Stored items
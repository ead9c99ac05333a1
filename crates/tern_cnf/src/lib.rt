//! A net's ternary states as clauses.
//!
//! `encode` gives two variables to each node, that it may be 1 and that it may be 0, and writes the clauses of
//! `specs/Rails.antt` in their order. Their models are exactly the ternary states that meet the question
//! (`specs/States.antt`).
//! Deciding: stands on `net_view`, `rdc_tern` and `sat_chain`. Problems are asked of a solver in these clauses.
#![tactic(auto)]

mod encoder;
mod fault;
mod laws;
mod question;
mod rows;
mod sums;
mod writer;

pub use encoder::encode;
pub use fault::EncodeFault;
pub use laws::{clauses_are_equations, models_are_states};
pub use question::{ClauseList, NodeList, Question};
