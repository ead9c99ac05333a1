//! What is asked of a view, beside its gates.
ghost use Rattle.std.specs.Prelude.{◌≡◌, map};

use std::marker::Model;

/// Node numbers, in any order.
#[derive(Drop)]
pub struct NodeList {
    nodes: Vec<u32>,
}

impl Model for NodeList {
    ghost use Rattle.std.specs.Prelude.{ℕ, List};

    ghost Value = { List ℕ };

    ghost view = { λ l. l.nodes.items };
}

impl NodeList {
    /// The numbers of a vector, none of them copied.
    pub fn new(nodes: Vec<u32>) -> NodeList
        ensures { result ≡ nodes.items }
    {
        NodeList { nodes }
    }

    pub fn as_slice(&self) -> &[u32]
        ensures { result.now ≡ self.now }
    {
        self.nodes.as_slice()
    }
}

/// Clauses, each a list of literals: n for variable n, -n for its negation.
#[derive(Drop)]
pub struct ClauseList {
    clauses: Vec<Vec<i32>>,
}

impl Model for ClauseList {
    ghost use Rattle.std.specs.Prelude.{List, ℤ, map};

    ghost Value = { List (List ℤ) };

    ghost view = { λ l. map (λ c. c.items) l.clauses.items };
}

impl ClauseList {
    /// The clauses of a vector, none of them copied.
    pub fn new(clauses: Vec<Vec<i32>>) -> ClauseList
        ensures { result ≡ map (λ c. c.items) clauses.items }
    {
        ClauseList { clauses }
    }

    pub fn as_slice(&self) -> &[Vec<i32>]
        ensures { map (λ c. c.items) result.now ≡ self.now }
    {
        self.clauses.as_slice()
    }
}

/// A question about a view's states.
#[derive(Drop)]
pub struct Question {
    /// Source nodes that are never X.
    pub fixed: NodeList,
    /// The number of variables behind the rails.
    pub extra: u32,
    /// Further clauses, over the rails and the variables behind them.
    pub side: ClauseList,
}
---
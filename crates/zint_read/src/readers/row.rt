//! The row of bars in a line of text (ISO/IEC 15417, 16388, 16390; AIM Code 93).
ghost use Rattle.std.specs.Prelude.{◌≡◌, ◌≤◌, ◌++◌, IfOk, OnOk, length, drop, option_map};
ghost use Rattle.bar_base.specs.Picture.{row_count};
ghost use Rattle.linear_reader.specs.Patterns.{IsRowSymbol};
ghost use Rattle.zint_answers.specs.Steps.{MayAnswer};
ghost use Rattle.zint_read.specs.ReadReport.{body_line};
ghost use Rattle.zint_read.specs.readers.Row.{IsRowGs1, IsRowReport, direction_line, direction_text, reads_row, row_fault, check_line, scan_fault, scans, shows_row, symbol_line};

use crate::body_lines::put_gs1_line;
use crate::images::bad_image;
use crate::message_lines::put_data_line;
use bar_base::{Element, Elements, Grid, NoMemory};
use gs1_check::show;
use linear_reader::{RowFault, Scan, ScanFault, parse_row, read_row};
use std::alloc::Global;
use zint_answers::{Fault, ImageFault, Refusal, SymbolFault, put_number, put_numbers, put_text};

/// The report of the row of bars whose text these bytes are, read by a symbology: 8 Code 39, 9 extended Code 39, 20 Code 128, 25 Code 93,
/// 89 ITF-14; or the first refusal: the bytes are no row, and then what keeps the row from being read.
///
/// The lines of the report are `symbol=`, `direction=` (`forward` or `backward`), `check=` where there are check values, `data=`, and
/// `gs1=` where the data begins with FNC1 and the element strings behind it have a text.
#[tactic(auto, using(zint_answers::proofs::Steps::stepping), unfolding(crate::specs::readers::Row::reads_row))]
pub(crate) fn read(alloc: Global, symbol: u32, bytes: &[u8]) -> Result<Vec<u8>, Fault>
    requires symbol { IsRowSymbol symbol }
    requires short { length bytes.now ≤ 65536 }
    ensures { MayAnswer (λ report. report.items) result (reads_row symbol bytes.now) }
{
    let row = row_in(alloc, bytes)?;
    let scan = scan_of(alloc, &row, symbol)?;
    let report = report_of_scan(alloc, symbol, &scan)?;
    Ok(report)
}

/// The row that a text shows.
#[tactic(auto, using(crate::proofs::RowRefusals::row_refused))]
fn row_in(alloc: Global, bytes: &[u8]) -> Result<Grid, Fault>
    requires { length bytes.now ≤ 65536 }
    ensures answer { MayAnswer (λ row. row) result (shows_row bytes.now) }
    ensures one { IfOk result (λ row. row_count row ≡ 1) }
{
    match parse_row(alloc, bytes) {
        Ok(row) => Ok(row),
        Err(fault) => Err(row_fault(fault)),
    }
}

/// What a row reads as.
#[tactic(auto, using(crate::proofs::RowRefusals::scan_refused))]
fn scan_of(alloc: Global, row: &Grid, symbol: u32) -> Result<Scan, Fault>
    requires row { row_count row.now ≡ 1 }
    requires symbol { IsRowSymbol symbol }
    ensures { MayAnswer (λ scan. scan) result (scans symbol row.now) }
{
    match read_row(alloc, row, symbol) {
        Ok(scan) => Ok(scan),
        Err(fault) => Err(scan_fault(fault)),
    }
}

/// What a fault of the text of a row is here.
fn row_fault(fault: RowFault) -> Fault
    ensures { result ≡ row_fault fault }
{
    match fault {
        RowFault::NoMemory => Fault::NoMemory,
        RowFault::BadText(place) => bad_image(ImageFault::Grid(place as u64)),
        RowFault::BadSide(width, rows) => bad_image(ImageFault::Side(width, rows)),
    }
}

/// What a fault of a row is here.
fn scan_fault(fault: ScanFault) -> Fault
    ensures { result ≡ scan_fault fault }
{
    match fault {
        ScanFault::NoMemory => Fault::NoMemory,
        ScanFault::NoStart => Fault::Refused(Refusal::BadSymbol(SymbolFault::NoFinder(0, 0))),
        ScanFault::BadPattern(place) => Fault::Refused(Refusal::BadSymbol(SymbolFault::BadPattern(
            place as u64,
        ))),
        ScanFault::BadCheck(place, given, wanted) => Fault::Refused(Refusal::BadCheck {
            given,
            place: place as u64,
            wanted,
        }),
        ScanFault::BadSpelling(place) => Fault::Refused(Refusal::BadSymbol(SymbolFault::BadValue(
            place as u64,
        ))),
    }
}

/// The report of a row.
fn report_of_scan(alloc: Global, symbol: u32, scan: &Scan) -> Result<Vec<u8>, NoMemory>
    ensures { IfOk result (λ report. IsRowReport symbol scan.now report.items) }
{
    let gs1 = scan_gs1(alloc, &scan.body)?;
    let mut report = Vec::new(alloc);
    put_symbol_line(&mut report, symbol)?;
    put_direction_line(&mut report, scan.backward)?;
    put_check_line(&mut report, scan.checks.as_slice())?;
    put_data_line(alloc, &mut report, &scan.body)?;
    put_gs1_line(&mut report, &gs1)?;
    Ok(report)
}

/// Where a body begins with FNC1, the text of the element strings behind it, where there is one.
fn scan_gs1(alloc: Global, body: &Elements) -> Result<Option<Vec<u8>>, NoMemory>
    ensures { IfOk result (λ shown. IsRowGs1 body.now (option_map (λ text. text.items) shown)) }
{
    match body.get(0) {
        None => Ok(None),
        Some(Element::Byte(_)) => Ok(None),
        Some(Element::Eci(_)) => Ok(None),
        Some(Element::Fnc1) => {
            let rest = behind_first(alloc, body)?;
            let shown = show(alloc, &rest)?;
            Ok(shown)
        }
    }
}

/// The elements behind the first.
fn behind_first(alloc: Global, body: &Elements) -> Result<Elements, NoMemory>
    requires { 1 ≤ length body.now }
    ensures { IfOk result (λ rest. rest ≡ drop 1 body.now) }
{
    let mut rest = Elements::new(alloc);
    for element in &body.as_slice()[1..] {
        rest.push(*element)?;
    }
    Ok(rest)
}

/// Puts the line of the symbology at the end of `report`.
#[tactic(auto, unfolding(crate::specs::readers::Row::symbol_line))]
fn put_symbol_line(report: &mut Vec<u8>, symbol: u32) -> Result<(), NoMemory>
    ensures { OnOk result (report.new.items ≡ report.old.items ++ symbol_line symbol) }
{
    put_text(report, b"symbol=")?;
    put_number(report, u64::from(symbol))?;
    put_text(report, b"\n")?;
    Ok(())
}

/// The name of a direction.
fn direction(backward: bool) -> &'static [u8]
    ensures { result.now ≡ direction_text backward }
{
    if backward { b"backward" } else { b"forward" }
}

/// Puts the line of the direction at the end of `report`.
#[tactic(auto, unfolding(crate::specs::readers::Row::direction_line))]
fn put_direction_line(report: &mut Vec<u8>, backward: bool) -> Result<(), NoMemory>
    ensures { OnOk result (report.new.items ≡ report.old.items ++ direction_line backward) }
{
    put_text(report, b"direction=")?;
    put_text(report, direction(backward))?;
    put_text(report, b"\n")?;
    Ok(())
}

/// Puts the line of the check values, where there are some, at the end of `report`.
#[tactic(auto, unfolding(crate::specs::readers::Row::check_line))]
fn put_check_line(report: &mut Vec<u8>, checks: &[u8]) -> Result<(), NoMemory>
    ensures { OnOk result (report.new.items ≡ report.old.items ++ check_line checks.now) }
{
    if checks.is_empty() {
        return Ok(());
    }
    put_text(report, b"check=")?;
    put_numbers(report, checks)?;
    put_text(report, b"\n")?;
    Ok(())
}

WHAT THE TASK REQUIRES - Lines holding the word "each" should be counted across the entries; state only how many there are.

EXPECTED ANSWER - 2